Я слышу, как они ругаются. По большей части речь идет обо мне, хотя иногда они переходят и на более общие темы, вроде того, стала ли школа раем для имбецилов или просто посредственностей, есть ли смысл в школах, если они такое дурное дерьмо впаривают детям, и соберется ли Старушка оторвать директору пустую голову, чтобы ею подтереться, или она просто пойдет и спасет «этого несчастного, темного Рамануджана» и «никогда больше не омрачит порога этого скудоумного образовательного притона».
— Он недисциплинированный.
— Конечно, недисциплинированный, если вы пытаетесь заставить его ползти вместе с остальными! Ты и спринтеров заставлял бы идти прогулочным шагом стометровку? А учеников, которые понимают толк в литературе, принуждал бы читать букварики вместе с теми, кому каждое предложение — смертная мука? Нет? Почему? А? Потому что он странными словами называет то, чего ты не понимаешь? Я то же самое делаю, недоумок. Гений ли он, увидим, но он точно непростой. Не пытайся подобрать слово, мне все равно, как ты это назовешь. Но, увидев его в деле, ты должен был это заметить или хотя бы предположить.
— Почему это?
— Потому что, — говорит она, и гневный рокот в голосе сменяется чем-то вроде усталости или холодной ярости, — ты себя называешь учителем.
Между ними возникает напряженная пауза.
— Ладно. Исключайте. Мы его примем.
— Вы примете? Кто это «вы»?
— Университет.
Так и было. Чистая правда.
Хватит с меня акул и секса на выживание, я поеду домой. Здравый смысл живет в Глифаде, а Глифада находится в Афинах, хотя по духу вовсе не Афины.

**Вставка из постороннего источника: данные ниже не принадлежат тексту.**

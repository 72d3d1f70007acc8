// A command is started: the initialisation, a raw command or a query. `start_query` is not inlined: a caller of both kinds of query would clear room for the sessions of
// both at each of its calls.
ghost use Rattle.std.specs.Prelude.{◌≡◌, Bool, false, true, [], ◌∷◌, ℕ, ◌≤◌, length};
ghost use Rattle.wire.specs.Steps.{settled};
ghost use Rattle.wire.specs.Text.{ascii};
ghost use Rattle.query.specs.Query.{count_of};
ghost use Rattle.client_command.specs.Commands.{with_cr, framing_effect};
ghost use Rattle.client_session.specs.Session.{Client, client, request_of, with_last_query};
ghost use Rattle.client_session.specs.Call.{sends, client_refusing, client_lent, client_step, RefusedOrFailed};
ghost use Rattle.client_session.specs.Start.{init_says, command_says, repeats, send_query, request, query_says};
ghost use Rattle.client_session.specs.Steps.{Does, Early};

use crate::{ClientSession, ClientStep, Command, Query};
use wire::{Bytes, Refusal};

impl Query {
    // A query of at most six PIDs.
    fn of(pids: &[u8], count: Option<u8>, several: bool) -> Query
        requires { length pids.now ≤ 6 }
        ensures { request_of result ≡ request pids.now (count_of count) several }
    {
        let mut kept = Bytes::new();
        kept.set(pids);
        Query {
            text: query_text::of(pids, count),
            pids: kept,
            several,
        }
    }
}

impl ClientSession {
    // Whether the initialisation is refused.
    #[tactic(auto, unfolding(crate::specs::Start::init_says, wire::specs::Answer::unless))]
    fn init_verdict(&self, room: usize) -> Result<(), Refusal>
        ensures says { init_says room (client self.now) ≡
            settled result (client_refusing (client self.now)) (sends (client self.now) Command.Reset (ascii "ATZ\r")) }
        ensures early { Early result }
    {
        if !self.pending.under.is_idle() {
            return Err(Refusal::OutOfTurn);
        }
        if room < 80 {
            return Err(Refusal::SmallBuffer);
        }
        Ok(())
    }

    // Whether a raw command is refused.
    #[tactic(auto, unfolding(crate::specs::Start::command_says, wire::specs::Answer::unless))]
    fn command_verdict(&self, command: &[u8], room: usize) -> Result<(), Refusal>
        ensures says { command_says room (client self.now) command.now ≡ settled result (client_refusing (client self.now))
            (sends (with_last_query (client self.now) []) (Command.Raw (framing_effect command.now)) (with_cr command.now)) }
        ensures early { Early result }
    {
        if !self.pending.under.is_idle() {
            return Err(Refusal::OutOfTurn);
        }
        if 64 < command.len() {
            return Err(Refusal::TooLong);
        }
        if wire::has_high(command) {
            return Err(Refusal::NotAscii);
        }
        if room < 80 {
            return Err(Refusal::SmallBuffer);
        }
        Ok(())
    }

    // Whether a query is refused.
    #[tactic(auto, unfolding(crate::specs::Start::query_says, wire::specs::Answer::unless))]
    fn query_verdict(&self, pids: &[u8], room: usize) -> Result<(), Refusal>
        ensures says { (count : ℕ) → (several : Bool) → query_says room (client self.now) pids.now count several ≡
            settled result (client_refusing (client self.now)) (send_query (client self.now) (request pids.now count several)) }
        ensures early { Early result }
        ensures at_most_six { result ≡ Ok tt → length pids.now ≤ 6 }
    {
        if !self.pending.under.is_idle() {
            return Err(Refusal::OutOfTurn);
        }
        if pids.is_empty() || 6 < pids.len() {
            return Err(Refusal::PidCount);
        }
        if room < 80 {
            return Err(Refusal::SmallBuffer);
        }
        Ok(())
    }

    // Starts the initialisation: ATZ goes out. It is no raw command, and forgets nothing.
    pub fn init(self, out: &mut [u8]) -> ClientStep
        ensures out_after { client_step result out.new ≡ client_lent (init_says (length out.old) (client self)) out.old }
        ensures refused_or_failed { RefusedOrFailed result self }
    {
        if let Err(refusal) = self.init_verdict(out.len()) {
            return self.refused(refusal);
        }
        let written = wire::put(out, 0, b"ATZ\r");
        self.sends(Command::Reset, written)
    }

    // Starts a raw command. The last query is forgotten, since a bare CR would now repeat this command.
    pub fn command(mut self, command: &[u8], out: &mut [u8]) -> ClientStep
        ensures out_after { client_step result out.new ≡ client_lent (command_says (length out.old) (client self) command.now) out.old }
        ensures refused_or_failed { RefusedOrFailed result self }
    {
        if let Err(refusal) = self.command_verdict(command, out.len()) {
            return self.refused(refusal);
        }
        self.last.clear();
        let written = client_command::put_command(out, 0, command);
        let effect = client_command::framing_effect(command);
        self.sends(Command::Raw(effect), written)
    }

    // Whether a query equals the last one, which a bare CR may repeat.
    fn repeats(&self, query: Query) -> bool
        ensures { result ≡ repeats (client self.now) (request_of query) }
    {
        self.server.repeat.may_try() && self.last.is(query.text)
    }

    // A query goes out, in full or as a bare CR.
    fn ask(mut self, query: Query, out: &mut [u8]) -> ClientStep
        ensures { Does (send_query (client self) (request_of query)) out.old (client_step result out.new) }
    {
        self.query = query;
        if self.repeats(query) {
            let written = wire::put_byte(out, 0, b'\r');
            return self.sends(Command::Repeat, written);
        }
        let written = query_text::put_line(query.text, out, 0);
        self.sends(Command::Query, written)
    }

    // Starts a query.
    #[inline(never)]
    fn start_query(
        self,
        pids: &[u8],
        count: Option<u8>,
        several: bool,
        out: &mut [u8],
    ) -> ClientStep
        ensures out_after { client_step result out.new ≡
            client_lent (query_says (length out.old) (client self) pids.now (count_of count) several) out.old }
        ensures refused_or_failed { RefusedOrFailed result self }
    {
        if let Err(refusal) = self.query_verdict(pids, out.len()) {
            return self.refused(refusal);
        }
        self.ask(Query::of(pids, count, several), out)
    }

    // Starts a query of one PID, with the number of ECUs that it waits for.
    pub fn query_pid(self, pid: u8, count: Option<u8>, out: &mut [u8]) -> ClientStep
        ensures out_after { client_step result out.new ≡ client_lent (query_says (length out.old) (client self) (pid ∷ []) (count_of count) false) out.old }
        ensures refused_or_failed { RefusedOrFailed result self }
    {
        self.start_query(&[pid], count, false, out)
    }

    // Starts a query of one to six PIDs. The first such query decides multi-PID support.
    pub fn query_pids(self, pids: &[u8], count: Option<u8>, out: &mut [u8]) -> ClientStep
        ensures out_after { client_step result out.new ≡
            client_lent (query_says (length out.old) (client self) pids.now (count_of count) true) out.old }
        ensures refused_or_failed { RefusedOrFailed result self }
    {
        self.start_query(pids, count, true, out)
    }
}
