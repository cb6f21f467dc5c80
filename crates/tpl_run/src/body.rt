//! What a body does next.

ghost use Rattle.std.specs.Prelude.{◌≡◌, is_some, option_map};
ghost use Rattle.tpl_draft.specs.Prelude.{task_number, token_number};
ghost use Rattle.tpl_model.specs.Prelude.{cancellation, is_observe, outcome_of, steps, worked, works};
ghost use Rattle.tpl_run.specs.Prelude.{cancel_of, next_in, passed, start_of};

use crate::run::Next;
use tpl_model::{Answer, Cursor, Label, Outcome, Stmt, TaskId, TokenId};

/// How a check of a requested token ends a body: the own token acknowledges the cancellation, another one throws (Task
/// Parallel Library guide: task cancellation).
fn canceled(own: Option<TokenId>, token: TokenId) -> Outcome
    ensures { result ≡ cancellation (option_map token_number own) token.0 }
{
    let is_own = match own {
        None => false,
        Some(own) => own.0 == token.0,
    };
    if is_own {
        Outcome::Acknowledged
    } else {
        Outcome::Threw(Label::OperationCanceled(token))
    }
}

/// Passes the next statement, if it isn't a job, and returns the outcome, if it ends the body. `holds` is what the
/// statement tests.
pub(crate) fn pass(rest: &mut Cursor, own: Option<TokenId>, holds: bool) -> Option<Outcome>
    ensures { passed (option_map token_number own) holds rest.old
        ≡ record { left = rest.new; outcome = result } }
{
    let Some(statement) = rest.first() else {
        return None;
    };
    let outcome = match statement {
        Stmt::Return => Outcome::Returned,
        Stmt::Throw(label) => Outcome::Threw(Label::Thrown(*label)),
        Stmt::Check(token) => {
            if !holds {
                rest.pass();
                return None;
            }
            canceled(own, *token)
        }
        Stmt::Cancel(_) | Stmt::Start(_) | Stmt::Observe => {
            rest.pass();
            return None;
        }
        Stmt::Work(_, _) => return None,
        Stmt::If(_, _, _) | Stmt::When(_, _, _) => {
            rest.enter(holds);
            return None;
        }
    };
    rest.finish();
    Some(outcome)
}

/// Passes a job that has answered, and returns the outcome, if it ends the body.
pub(crate) fn pass_job(rest: &mut Cursor, answer: Answer) -> Option<Outcome>
    ensures { worked answer rest.old ≡ record { left = rest.new; outcome = result } }
{
    let Some(statement) = rest.first() else {
        return None;
    };
    match answer {
        Answer::Done => {
            rest.pass();
            None
        }
        Answer::Failed => {
            let Stmt::Work(site, _) = statement else {
                return None;
            };
            let outcome = Outcome::Threw(Label::WorkFailed(*site));
            rest.finish();
            Some(outcome)
        }
    }
}

/// The token that the next statement cancels.
pub(crate) fn cancels(rest: &Cursor) -> Option<TokenId>
    ensures { option_map token_number result ≡ cancel_of rest.now }
{
    match rest.first() {
        Some(Stmt::Cancel(token)) => Some(*token),
        _ => None,
    }
}

/// The child that the next statement starts.
pub(crate) fn starts(rest: &Cursor) -> Option<TaskId>
    ensures { option_map task_number result ≡ start_of rest.now }
{
    match rest.first() {
        Some(Stmt::Start(child)) => Some(*child),
        _ => None,
    }
}

/// The next statement observes the subject's exception.
pub(crate) fn observes(rest: &Cursor) -> bool
    ensures { result ≡ is_observe rest.now }
{
    matches!(rest.first(), Some(Stmt::Observe))
}

/// The next statement is one that a step passes.
pub(crate) fn steps(rest: &Cursor) -> bool
    ensures { result ≡ steps rest.now }
{
    match rest.first() {
        None | Some(Stmt::Work(_, _)) => false,
        Some(_) => true,
    }
}

/// The next statement is a job that may give this answer.
pub(crate) fn works(answer: Answer, rest: &Cursor) -> bool
    ensures { result ≡ works answer rest.now }
{
    match rest.first() {
        Some(Stmt::Work(_, may_fail)) => match answer {
            Answer::Done => true,
            Answer::Failed => *may_fail,
        },
        _ => false,
    }
}

/// The outcome of a body that is over.
pub(crate) fn outcome_now(outcome: Option<Outcome>, rest: &Cursor) -> Option<Outcome>
    ensures { result ≡ outcome_of outcome rest.now }
{
    match outcome {
        Some(outcome) => Some(outcome),
        None => match rest.first() {
            None => Some(Outcome::Returned),
            Some(_) => None,
        },
    }
}

/// What comes next in a body that runs.
pub(crate) fn next(outcome: Option<Outcome>, rest: &Cursor) -> Next
    ensures { result ≡ next_in outcome rest.now }
{
    if outcome.is_some() {
        return Next::Over;
    }
    match rest.first() {
        None => Next::Over,
        Some(Stmt::Work(site, _)) => Next::Work(*site),
        Some(_) => Next::Silent,
    }
}
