//! Tables of tokens.

ghost use Rattle.std.specs.Prelude.{◌≡◌, ℕ, ◌<◌, ◌||◌, Bool, List, length, map, slice_index_or, false};
ghost use Rattle.tpl_draft.specs.Prelude.{token_number};
ghost use Rattle.tpl_model.specs.Prelude.{some_in};
ghost use Rattle.tpl_model.specs.declared.event.Event.{Event as SpecEvent};
ghost use Rattle.tpl_run.specs.Prelude.{IsTable};

use tpl_graph::Graph;
use tpl_laws::requested_by_a_source;
use tpl_model::{MOST_TOKENS, TokenId};

/// No token is requested.
pub fn none_requested() -> [bool; MOST_TOKENS]
    ensures off { (k : ℕ) → slice_index_or result k false ≡ false }
    ensures many { length result ≡ MOST_TOKENS }
{
    [false; MOST_TOKENS]
}

/// One of the tokens is marked in the table.
fn some_in(table: &[bool; MOST_TOKENS], tokens: &[TokenId]) -> bool
    ensures { result ≡ some_in (λ k. slice_index_or table.now k false)
        (map token_number tokens.now) }
{
    for token in tokens {
        let at = token.0 as usize;
        if at < MOST_TOKENS && table[at] {
            return true;
        }
    }
    false
}

/// A token or one of its sources is marked in the table.
fn is_marked(table: &[bool; MOST_TOKENS], token: TokenId, sources: &[TokenId]) -> bool
    requires { token.0 < MOST_TOKENS }
    ensures { result ≡ (slice_index_or table.now token.0 false
        || some_in (λ k. slice_index_or table.now k false) (map token_number sources.now)) }
{
    table[token.0 as usize] || some_in(table, sources)
}

/// Which tokens are requested, themselves or through their sources, by those that were requested themselves.
pub fn close(itself: &[bool; MOST_TOKENS], graph: &Graph) -> [bool; MOST_TOKENS]
    ensures { (v : List Bool) (h : List SpecEvent) → IsTable graph.now.graph v h itself.now 0
        → IsTable graph.now.graph v h result (length graph.now.graph.tokens) }
{
    graph.valid_law();
    requested_by_a_source();
    let mut table = *itself;
    for i in 0..graph.token_count() {
        let token = TokenId(i as u8);
        let marked = is_marked(&table, token, graph.sources(token));
        table[i] = marked;
    }
    table
}
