//! What the graph of a run says of tasks and tokens. In a run the graph is valid, so what it names it has.

ghost use Rattle.std.specs.Prelude.{◌≡◌, ◌↔◌, ℕ, ◌≤◌, length, map, IfSome, IsTrue, true, option_map};
ghost use Rattle.tpl_draft.specs.Prelude.{antecedent_of, args_of, task_number, token_number};
ghost use Rattle.tpl_model.specs.Prelude.{attached, is_task, is_token, mem};
ghost use Rattle.tpl_model.specs.Graph as spec;

use crate::readers::Readers;
use tpl_laws::is_bounded;
use tpl_model::{MOST_EVENTS, TaskId, TokenId};

/// The graph has the task.
pub fn has_task<R: Readers>(run: &R, task: TaskId) -> bool
    ensures { IsTrue result ↔ is_task (R.journal run.now).graph task.0 }
{
    (task.0 as usize) < run.graph().len()
}

/// The graph has the token.
pub(crate) fn has_token<R: Readers>(run: &R, token: TokenId) -> bool
    ensures { IsTrue result ↔ is_token (R.journal run.now).graph token.0 }
{
    (token.0 as usize) < run.graph().token_count()
}

/// The task that a continuation continues.
pub(crate) fn antecedent<R: Readers>(run: &R, task: TaskId) -> Option<TaskId>
    requires { is_task (R.journal run.now).graph task.0 }
    ensures antecedent { option_map task_number result
        ≡ antecedent_of (spec.kind (R.journal run.now).graph task.0) }
    ensures within { IfSome result (λ a. is_task (R.journal run.now).graph a.0) }
{
    run.run_law();
    run.graph().antecedent(task)
}

/// The arguments of a WhenAll or WhenAny task.
pub fn args<R: Readers>(run: &R, task: TaskId) -> &[TaskId]
    requires { is_task (R.journal run.now).graph task.0 }
    ensures { map task_number result.now
        ≡ args_of (spec.kind (R.journal run.now).graph task.0) }
{
    run.graph().args(task)
}

/// The task's own token.
pub(crate) fn own_token<R: Readers>(run: &R, task: TaskId) -> Option<TokenId>
    requires { is_task (R.journal run.now).graph task.0 }
    ensures token { option_map token_number result
        ≡ (spec.task (R.journal run.now).graph task.0).token }
    ensures within { IfSome result (λ k. is_token (R.journal run.now).graph k.0) }
{
    run.run_law();
    run.graph().own_token(task)
}

/// The children that are attached to a task.
pub fn children<R: Readers>(run: &R, task: TaskId) -> &[TaskId]
    requires { is_task (R.journal run.now).graph task.0 }
    ensures children { map task_number result.now ≡ attached (R.journal run.now).graph task.0 }
    ensures within { (c : ℕ) → mem c (map task_number result.now) ≡ true
        → is_task (R.journal run.now).graph c }
{
    run.run_law();
    run.graph().attached(task)
}

/// No run is longer than its graph's bound.
pub fn is_short<R: Readers>(run: &R)
    ensures { length (R.journal run.now).events ≤ MOST_EVENTS }
{
    is_bounded();
    run.run_law();
    let _ = run.graph().bound();
}
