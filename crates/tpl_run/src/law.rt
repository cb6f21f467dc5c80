//! What is true of every run.

ghost use Rattle.tpl_run.specs.Prelude.{OneIsDue};

/// A task never has two acts that are due: where `Core::due` names one of it, there is no other.
pub fn one_is_due()
    ensures { OneIsDue }
{}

Перед тем как въехать, я разделил квартиру надвое и дверь между половинами всегда запирал. Приемная часть вполне соответствует общим ожиданиям: черные бархатные шторы, зеркальный бар, джакузи в центре одной из комнат, точно алтарь, в другой — утопленный в стене камин; толстые ковры и кожа; и настоящий зеркальный шар для дискотеки, потому что стыда у меня нет. И кровати, конечно, самых разных видов — излишества и декаданс, но ничего по-настоящему домашнего. Дверь во внутреннюю часть скрыта за тяжелым занавесом.
На моей личной половине все иначе: просто, чисто и желтовато-бело. Удобные диваны, купленные со скидкой на окружной; CD-плеер, который был старьем уже в 2000 году; посуда — разномастный дельфтский фаянс с трещинками; немного старых книг из университета. На завтрак у меня всегда есть хумус, тарамасалата и хлеб с кунжутом. Под кухонной стойкой — ящик белого итальянского вина с Помпейских холмов. У него вулканический привкус, и оно недорогое. Я покупаю полубутылки, чтобы пить в одиночестве и не напиваться. На все другие случаи у меня есть вода — «Бадуа», потому что холодная, она на вкус как обезболивающее, а иногда я делаю себе фруктовый фреш с имбирем.